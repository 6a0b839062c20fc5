//! The words `run CAP -i`.
ghost use Rattle.std.specs.Prelude.{◌∷◌, [], map, string_bytes};
ghost use Rattle.live_run.specs.Words.{ReadsLiveWord, ReadsLive};

use event_text::read_number;
use session_core::command::MOST_ENTRIES;

/// The capacity of `run CAP -i`, a number from 1 to 4294967295; `None` if the words are no such command. (not in monoio)
pub fn live_of(words: &[String]) -> Option<u32>
    ensures { ReadsLive (map string_bytes words.now) result }
{
    match words {
        [name, capacity, last] => words_of(name.as_str(), capacity.as_str(), last.as_str()),
        _ => None,
    }
}

// The same of three words.
fn words_of(name: &str, capacity: &str, last: &str) -> Option<u32>
    ensures { ReadsLive (name.now ∷ capacity.now ∷ last.now ∷ []) result }
{
    if name == "run" && last == "-i" {
        return capacity_of(capacity.as_bytes());
    }
    None
}

// A capacity: a decimal number from 1 to 4294967295.
fn capacity_of(word: &[u8]) -> Option<u32>
    ensures { ReadsLiveWord word.now result }
{
    match read_number(word) {
        Some(capacity) if 1 <= capacity && capacity <= MOST_ENTRIES => Some(capacity as u32),
        _ => None,
    }
}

ASSIGNMENT:
Using the records above, list each line that includes "Rattle".

ANSWER TO THE EXERCISE:
ghost use Rattle.std.specs.Prelude.{◌∷◌, [], map, string_bytes};
ghost use Rattle.live_run.specs.Words.{ReadsLiveWord, ReadsLive};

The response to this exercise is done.